▶ **WHAT THIS TASK INVOLVES**:
Check each line of the listing for the word "Unchanged" and report the ones that have it.

▶ **DATA IN THIS EXERCISE**:
....
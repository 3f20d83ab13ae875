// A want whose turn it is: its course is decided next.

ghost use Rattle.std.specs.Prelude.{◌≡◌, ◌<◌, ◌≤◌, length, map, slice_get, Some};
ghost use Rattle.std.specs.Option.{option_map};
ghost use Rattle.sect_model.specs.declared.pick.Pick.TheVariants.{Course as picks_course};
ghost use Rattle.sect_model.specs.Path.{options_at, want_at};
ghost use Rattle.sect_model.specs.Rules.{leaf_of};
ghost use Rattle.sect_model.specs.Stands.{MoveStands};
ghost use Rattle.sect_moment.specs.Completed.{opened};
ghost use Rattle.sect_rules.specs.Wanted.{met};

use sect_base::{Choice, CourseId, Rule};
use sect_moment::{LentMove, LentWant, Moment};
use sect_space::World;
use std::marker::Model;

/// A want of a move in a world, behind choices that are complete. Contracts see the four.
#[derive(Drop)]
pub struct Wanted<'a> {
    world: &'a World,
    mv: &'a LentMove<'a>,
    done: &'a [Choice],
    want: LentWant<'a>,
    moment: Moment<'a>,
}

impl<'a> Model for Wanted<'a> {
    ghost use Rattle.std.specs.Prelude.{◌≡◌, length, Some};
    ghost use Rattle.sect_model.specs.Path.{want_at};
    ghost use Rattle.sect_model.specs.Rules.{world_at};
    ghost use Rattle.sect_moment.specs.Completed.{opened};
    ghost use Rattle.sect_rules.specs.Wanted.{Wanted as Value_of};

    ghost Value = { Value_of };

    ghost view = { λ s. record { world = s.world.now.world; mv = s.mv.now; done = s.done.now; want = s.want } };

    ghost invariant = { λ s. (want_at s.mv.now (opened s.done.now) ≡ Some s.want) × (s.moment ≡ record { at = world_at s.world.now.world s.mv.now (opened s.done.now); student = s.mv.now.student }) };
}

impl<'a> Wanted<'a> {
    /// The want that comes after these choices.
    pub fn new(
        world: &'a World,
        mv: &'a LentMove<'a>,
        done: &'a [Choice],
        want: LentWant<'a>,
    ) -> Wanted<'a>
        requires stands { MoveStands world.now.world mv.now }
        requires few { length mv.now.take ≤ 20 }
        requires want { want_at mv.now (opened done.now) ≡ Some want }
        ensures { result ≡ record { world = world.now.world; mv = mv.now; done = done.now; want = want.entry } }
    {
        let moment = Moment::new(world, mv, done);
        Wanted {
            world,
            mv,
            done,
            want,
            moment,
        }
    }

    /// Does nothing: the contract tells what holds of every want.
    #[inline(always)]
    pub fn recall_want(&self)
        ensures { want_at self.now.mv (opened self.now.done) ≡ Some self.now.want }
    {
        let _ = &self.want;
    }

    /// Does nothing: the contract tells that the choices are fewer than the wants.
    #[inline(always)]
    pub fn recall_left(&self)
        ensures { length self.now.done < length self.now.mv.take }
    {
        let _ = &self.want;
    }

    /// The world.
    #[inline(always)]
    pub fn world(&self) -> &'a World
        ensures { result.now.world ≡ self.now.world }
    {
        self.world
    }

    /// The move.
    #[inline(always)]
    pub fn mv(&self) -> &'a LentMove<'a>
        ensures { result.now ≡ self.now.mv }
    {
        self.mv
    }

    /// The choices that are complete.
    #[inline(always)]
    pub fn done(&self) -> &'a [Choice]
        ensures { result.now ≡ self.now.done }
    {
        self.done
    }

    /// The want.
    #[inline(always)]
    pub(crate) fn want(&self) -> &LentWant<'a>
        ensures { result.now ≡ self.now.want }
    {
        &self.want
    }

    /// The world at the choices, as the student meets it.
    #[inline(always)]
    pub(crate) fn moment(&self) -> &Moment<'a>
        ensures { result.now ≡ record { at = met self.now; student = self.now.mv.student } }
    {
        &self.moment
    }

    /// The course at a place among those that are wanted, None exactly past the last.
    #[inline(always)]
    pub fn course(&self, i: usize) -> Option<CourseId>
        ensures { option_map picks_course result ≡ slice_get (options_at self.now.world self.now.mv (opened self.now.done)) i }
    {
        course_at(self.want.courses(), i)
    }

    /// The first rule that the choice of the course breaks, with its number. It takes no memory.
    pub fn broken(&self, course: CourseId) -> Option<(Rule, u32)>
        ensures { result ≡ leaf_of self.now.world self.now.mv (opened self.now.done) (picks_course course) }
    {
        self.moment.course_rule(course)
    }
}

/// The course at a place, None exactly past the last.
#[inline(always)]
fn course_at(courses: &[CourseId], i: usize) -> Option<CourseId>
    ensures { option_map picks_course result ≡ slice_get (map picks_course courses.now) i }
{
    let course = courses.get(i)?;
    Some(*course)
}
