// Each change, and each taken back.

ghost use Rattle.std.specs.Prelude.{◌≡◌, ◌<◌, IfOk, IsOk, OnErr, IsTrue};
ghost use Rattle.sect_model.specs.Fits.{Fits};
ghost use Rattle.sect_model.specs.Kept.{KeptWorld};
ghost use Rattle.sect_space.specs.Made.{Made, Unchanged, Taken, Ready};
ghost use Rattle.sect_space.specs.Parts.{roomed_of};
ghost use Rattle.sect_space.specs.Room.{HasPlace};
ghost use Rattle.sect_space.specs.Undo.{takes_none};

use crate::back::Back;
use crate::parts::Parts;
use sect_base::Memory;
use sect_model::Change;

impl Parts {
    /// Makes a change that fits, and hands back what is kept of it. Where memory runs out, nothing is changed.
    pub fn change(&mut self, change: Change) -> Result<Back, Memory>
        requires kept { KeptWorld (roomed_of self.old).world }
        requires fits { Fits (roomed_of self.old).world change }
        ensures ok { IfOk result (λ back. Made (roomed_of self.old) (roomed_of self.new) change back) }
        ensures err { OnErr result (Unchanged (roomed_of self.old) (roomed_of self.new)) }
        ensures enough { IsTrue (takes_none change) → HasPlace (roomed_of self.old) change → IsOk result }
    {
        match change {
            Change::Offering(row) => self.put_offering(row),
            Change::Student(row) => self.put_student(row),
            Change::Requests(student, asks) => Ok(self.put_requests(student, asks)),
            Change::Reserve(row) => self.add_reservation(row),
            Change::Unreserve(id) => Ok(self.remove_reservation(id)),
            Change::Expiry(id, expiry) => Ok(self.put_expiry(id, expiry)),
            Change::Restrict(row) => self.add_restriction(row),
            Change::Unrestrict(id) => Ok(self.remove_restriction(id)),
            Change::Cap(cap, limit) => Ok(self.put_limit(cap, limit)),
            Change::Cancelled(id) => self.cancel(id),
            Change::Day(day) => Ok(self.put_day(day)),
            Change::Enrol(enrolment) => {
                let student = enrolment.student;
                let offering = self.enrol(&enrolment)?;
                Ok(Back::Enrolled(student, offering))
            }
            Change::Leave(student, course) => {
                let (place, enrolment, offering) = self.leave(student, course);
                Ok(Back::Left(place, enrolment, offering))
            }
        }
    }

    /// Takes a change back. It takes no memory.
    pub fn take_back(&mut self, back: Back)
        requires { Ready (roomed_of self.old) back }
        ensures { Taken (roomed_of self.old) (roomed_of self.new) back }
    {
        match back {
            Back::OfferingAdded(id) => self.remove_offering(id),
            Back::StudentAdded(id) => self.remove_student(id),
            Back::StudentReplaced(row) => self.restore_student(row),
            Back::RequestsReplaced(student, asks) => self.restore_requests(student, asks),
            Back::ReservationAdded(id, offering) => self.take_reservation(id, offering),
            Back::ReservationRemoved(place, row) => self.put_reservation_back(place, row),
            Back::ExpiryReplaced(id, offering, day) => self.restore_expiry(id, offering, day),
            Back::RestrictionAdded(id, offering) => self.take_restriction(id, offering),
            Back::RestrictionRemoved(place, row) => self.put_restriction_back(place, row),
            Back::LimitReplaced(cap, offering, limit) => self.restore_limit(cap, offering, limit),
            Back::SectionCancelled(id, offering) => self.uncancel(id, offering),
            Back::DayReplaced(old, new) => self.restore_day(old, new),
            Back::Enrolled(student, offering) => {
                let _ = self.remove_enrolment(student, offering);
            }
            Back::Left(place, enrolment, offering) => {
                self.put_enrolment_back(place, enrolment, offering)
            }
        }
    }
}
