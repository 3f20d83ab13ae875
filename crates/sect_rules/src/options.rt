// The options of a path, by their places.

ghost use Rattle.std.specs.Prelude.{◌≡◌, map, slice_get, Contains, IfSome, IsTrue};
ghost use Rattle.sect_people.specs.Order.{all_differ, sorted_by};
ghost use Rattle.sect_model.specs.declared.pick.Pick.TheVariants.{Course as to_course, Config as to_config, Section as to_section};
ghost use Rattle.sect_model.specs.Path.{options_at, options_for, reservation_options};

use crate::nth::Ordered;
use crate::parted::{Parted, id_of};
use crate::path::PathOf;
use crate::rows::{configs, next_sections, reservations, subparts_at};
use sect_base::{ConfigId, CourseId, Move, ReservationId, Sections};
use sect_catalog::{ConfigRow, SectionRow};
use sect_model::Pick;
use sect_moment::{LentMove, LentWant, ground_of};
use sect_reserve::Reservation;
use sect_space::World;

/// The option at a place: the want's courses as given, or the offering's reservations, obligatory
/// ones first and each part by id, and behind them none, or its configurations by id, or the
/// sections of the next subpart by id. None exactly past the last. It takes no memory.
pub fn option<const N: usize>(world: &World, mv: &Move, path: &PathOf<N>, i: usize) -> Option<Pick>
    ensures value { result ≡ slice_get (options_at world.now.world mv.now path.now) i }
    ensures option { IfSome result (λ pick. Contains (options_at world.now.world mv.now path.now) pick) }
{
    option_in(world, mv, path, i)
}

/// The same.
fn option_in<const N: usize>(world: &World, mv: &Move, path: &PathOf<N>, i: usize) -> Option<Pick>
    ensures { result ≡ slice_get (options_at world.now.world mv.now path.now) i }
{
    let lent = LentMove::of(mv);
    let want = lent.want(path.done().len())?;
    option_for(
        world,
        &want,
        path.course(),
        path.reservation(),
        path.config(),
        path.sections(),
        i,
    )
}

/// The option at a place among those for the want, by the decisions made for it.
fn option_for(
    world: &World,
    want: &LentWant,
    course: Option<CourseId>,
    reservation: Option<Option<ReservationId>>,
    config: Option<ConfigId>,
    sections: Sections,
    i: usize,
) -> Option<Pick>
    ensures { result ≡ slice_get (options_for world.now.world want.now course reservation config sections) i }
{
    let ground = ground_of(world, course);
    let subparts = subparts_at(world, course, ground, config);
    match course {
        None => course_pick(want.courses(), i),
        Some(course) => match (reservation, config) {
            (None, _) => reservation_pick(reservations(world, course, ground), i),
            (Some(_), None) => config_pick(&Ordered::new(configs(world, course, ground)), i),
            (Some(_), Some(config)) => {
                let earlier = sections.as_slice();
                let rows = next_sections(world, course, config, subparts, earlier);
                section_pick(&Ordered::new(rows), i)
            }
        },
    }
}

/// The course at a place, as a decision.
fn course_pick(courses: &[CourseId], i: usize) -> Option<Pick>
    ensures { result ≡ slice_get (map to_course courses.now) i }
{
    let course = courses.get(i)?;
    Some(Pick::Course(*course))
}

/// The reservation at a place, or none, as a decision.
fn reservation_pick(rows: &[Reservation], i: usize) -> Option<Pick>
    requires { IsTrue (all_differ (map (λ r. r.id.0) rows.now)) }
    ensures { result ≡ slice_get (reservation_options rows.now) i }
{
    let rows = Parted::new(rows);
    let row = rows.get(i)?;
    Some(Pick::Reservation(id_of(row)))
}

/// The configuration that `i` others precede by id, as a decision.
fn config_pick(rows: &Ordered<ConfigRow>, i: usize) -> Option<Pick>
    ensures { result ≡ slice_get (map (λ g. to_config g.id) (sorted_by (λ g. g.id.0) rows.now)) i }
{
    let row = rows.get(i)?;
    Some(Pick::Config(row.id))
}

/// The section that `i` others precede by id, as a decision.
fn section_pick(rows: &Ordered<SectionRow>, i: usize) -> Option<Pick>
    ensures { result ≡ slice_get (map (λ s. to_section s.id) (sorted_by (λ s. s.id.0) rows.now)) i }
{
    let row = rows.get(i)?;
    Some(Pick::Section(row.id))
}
....
▶ **SOLVED EXERCISE**:
ghost use Rattle.sect_space.specs.Made.{Made, Unchanged, Taken, Ready};
        ensures err { OnErr result (Unchanged (roomed_of self.old) (roomed_of self.new)) }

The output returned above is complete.